Exercise instructions ::
The answer must be every line from the entries below that includes "pieces".
-*-
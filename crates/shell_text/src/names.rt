//! Names and paths as they are written.

ghost use Rattle.std.specs.Prelude.{◌≡◌};
ghost use Rattle.script_text.specs.Pieces.{pieces};
ghost use Rattle.shell_text.specs.Reading.{name_of, names_of, path_if, path_of};

use crate::words::cut;
use fs_trees::{Name, Path, is_name};

/// A path: `/`, or 1 to 16 times a slash and a name.
pub fn parse_path(word: &[u8]) -> Option<Path>
    ensures { result ≡ path_of word.now }
{
    match word.split_first() {
        Some((first, rest)) if *first == b'/' => parse_names(rest),
        _ => None,
    }
}

/// What stands after the first slash of a path.
#[tactic(auto, using(crate::proofs::PathLaws::some_text))]
fn parse_names(text: &[u8]) -> Option<Path>
    ensures { result ≡ names_of text.now }
{
    if text.is_empty() {
        Some(Path::new())
    } else {
        read_names(text)
    }
}

/// At most 16 names, parted by slashes.
fn read_names(text: &[u8]) -> Option<Path>
    ensures { result ≡ path_if (pieces 47 text.now) }
{
    let mut path = Path::new();
    let mut rest = Some(text);
    while let Some(part) = rest {
        let (word, more) = cut(part, b'/');
        match path.push_bytes(word) {
            Ok(()) => rest = more,
            Err(_) => return None,
        }
    }
    path.known();
    Some(path)
}

/// A name: 1 to 28 letters, digits, dots, underscores and dashes, but neither `.`, `..` nor `-`.
pub fn parse_name(word: &[u8]) -> Option<Name>
    ensures { result ≡ name_of word.now }
{
    if is_name(word) {
        Some(Name::from_bytes(word))
    } else {
        None
    }
}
-*-
Result ::
ghost use Rattle.script_text.specs.Pieces.{pieces};
    ensures { result ≡ path_if (pieces 47 text.now) }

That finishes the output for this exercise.